Detecting dataset change
A question that we may ask before running expensive computations on a dataset is: has my dataset changed since the last time it was processed? If the dataset and the computation have not changed, then the output will be the same and the computation can be skipped.
Comparing a dataset with its previous version requires two copies of the data to be stored, which can be costly for larger datasets. Instead, we can store a hash of the data to avoid this.
Hashing datasets
Computing the hash value for a dataset, such as a file, scales with the file size. Table 1 shows results on a mock datasets of various sizes:
Records | File size | Time |
---|---|---|
1 | 402B | 0.189ms |
10 | 3KB | 0.292ms* |
100 | 33KB | 0.194ms |
1.000 | 329KB | 0.400ms |
10.000 | 3.3MB | 3.173ms |
100.000 | 32.8MB | 24.368ms |
1.000.000 | 327.6MB | 0.223s |
10.000.000 | 3.28GB | 2.223s |
Table 1: SHA256 hash of the mock data file. The hash is updated in blocks of 8K. The data is generated with Faker. The reported time is the mean of 5 trials of 10 repetitions. *Due to the choice for 8KB block reads.

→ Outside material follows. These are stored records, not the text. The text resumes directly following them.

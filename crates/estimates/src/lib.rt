// Estimates between the samples, from a table that is forward on every axis, and how far they can be off.
#![tactic(auto)]

ghost use Rattle.std.specs.Prelude.{◌≡◌, ◌≤◌};
ghost use Rattle.surfaces.specs.Weights.{unit};
ghost use Rattle.estimates.specs.Estimates.{check_forward, check_coordinates, check_estimate, estimate};
ghost use Rattle.estimates.specs.Margin.{estimate_with_margin};

use refusals::Refusal;
use states::{CheckedState, State};

// Every axis is forward, else refused with 17 and the first that is not. (As short as a call of one function for this and `tables::check_sampled`.)
fn check_forward(checked: CheckedState) -> Result<(), Refusal>
    ensures { result ≡ check_forward checked.state }
{
    if let Some(first) = checked.first_axis(false) {
        return Err(Refusal::StillSampled(first + 1));
    }
    Ok(())
}

// A coordinate for each axis, else refused with 7; none too large, else with 8 and the first axis where it is.
fn check_coordinates(axes: u32, coordinates: &[u32]) -> Result<(), Refusal>
    ensures { result ≡ check_coordinates unit axes coordinates.now }
{
    if coordinates.len() != axes as usize {
        return Err(Refusal::ListLength);
    }
    if let Some(t) = coordinates
        .iter()
        .position(|&x| !axis_weights::is_coordinate(x))
    {
        return Err(Refusal::Coordinate(t as u32 + 1));
    }
    Ok(())
}

// The checks of an estimate, in their order.
#[tactic(auto, unfolding(crate::specs::Estimates::check_estimate))]
fn check(state: State, table: &[i64], coordinates: &[u32]) -> Result<(), Refusal>
    ensures { result ≡ check_estimate unit state table.now coordinates.now }
{
    let checked = state.check(table.len())?;
    check_forward(checked)?;
    check_coordinates(state.shape.axes, coordinates)?;
    if !integers::all_in_limit(table) {
        return Err(Refusal::Contents);
    }
    Ok(())
}

// The estimate at these coordinates. The table is only read.
#[tactic(auto, unfolding(crate::specs::Estimates::estimate_in_unit))]
pub fn estimate(state: State, table: &[i64], coordinates: &[u32]) -> Result<i64, Refusal>
    ensures { result ≡ estimate state table.now coordinates.now }
{
    check(state, table, coordinates)?;
    Ok(evaluation::evaluate(state.shape, table, coordinates))
}

// An estimate, S, and how far at most the exact value is from the estimate.
#[derive(Clone, Copy)]
pub struct Estimated {
    pub estimate: i64,
    pub absolute_sum: u64,
    pub margin: u64,
}

// The same estimate with its margin.
#[tactic(auto, unfolding(crate::specs::Margin::estimate_with_margin))]
pub fn estimate_with_margin(
    state: State,
    table: &[i64],
    coordinates: &[u32],
) -> Result<Estimated, Refusal>
    ensures { result ≡ estimate_with_margin state table.now coordinates.now }
{
    check(state, table, coordinates)?;
    let found = evaluation::evaluate_with_sum(state.shape, table, coordinates);
    Ok(Estimated {
        estimate: found.estimate,
        absolute_sum: found.absolute_sum,
        margin: margins::margin(state.shape.axes, found.absolute_sum),
    })
}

When working with larger datasets, the time needed to compute the hash increases from negligible (<< 1s) to noticeable (couple of seconds). Note that the time reported is 1/10th of the total time of running the hashing 10 times, to be able to measure more accurately. For larger compute loads that take 1 hour, it might not be a problem to have this overhead if a cache hit means that the job does not need to run. However, in practice, we still can do better.
Approximate Hashers
Many datasets do have metadata associated with it that can be used as an alternative to hashing the data itself. This metadata will remain the same if the data has not changed, and almost certainly changes if modified. Examples are Size, Modification date or ETag. The user is responsible for selecting the most collision-resistant subset of metadata depending on the data generation process from the available metadata. Retrieving the metadata for a dataset requires constant time.
Records | Full file hashing | Fast approximate hashing | Speedup Ratio |
---|---|---|---|
1 (402B) | 0.189ms | 0.017ms | 11x |
10 (3KB) | 0.292ms | 0.017ms | 17x |
100 (33KB) | 0.194ms | 0.016ms | 12x |
1.000 (329KB) | 0.400ms | 0.017ms | 23x |
10.000 (3.3MB) | 3.173ms | 0.018ms | 180x |
100.000 (32.8MB) | 24.368ms | 0.019ms | 1.313x |
1.000.000 (327.6MB) | 0.223s | 0.019ms | 11.924x |
10.000.000 (3.28GB) | 2.223s | 0.019ms | 114.626x |
Table 2: Comparison of SHA256 hashing of the full file and fast approximate hashing for various numbers of records. The reported time is the mean of 5 trials. Each trial consists of 10 repetitions, for which the average time is listed. The benchmark script can be found in timing.py
.
In the above table, we can see that the larger the dataset gets, the higher speedup ratio is.
To create an ApproximateHasher
in pycodehash
, we only need to code the logic to obtain this metadata as a
dictionary in the collect_metadata
method, and the class does the rest.
The hash of the metadata is invariant to the ordering of the keys.
Supported Dataset types
The following approximate hashers are implemented at this time:
Dataset Type | Implemented Metadata |
---|---|
Local Files | File Size, Modification Date |
Files on S3 | ETag |
Hive Tables | Size, Creation Date, Is Partitioned |
Python Files | Magic, Size, Timestamp, Hash, Bit Field |
Feel free to open a Pull Request if you would like to contribute additional dataset types or metadata.
Incremental loads
Many datasets consist of collections of objects, or subsets of data:
- Hive table partitions, e.g. data grouped per day or month
- Directories of images
Hashing these datasets on the object level, allows for only recomputing the parts of the data that have changed.
For these cases, pycodehash
has the PartitionedApproximateHasher
base class.
It requires an ApproximateHasher
and implements the collect_partitions
method.
Currently, there is an implementation of LocalDirectoryHash
recursively collects the hashes for each file in that directory.
Another implementation of the PartitionedApproximateHasher
is LocalFilesHash
, which operates on a list of files.
The PartitionedApproximateHasher
is an ApproximateHasher
in itself, which means that the compute_hash
method is supported.
This hash is invariant to the ordering of the partitions.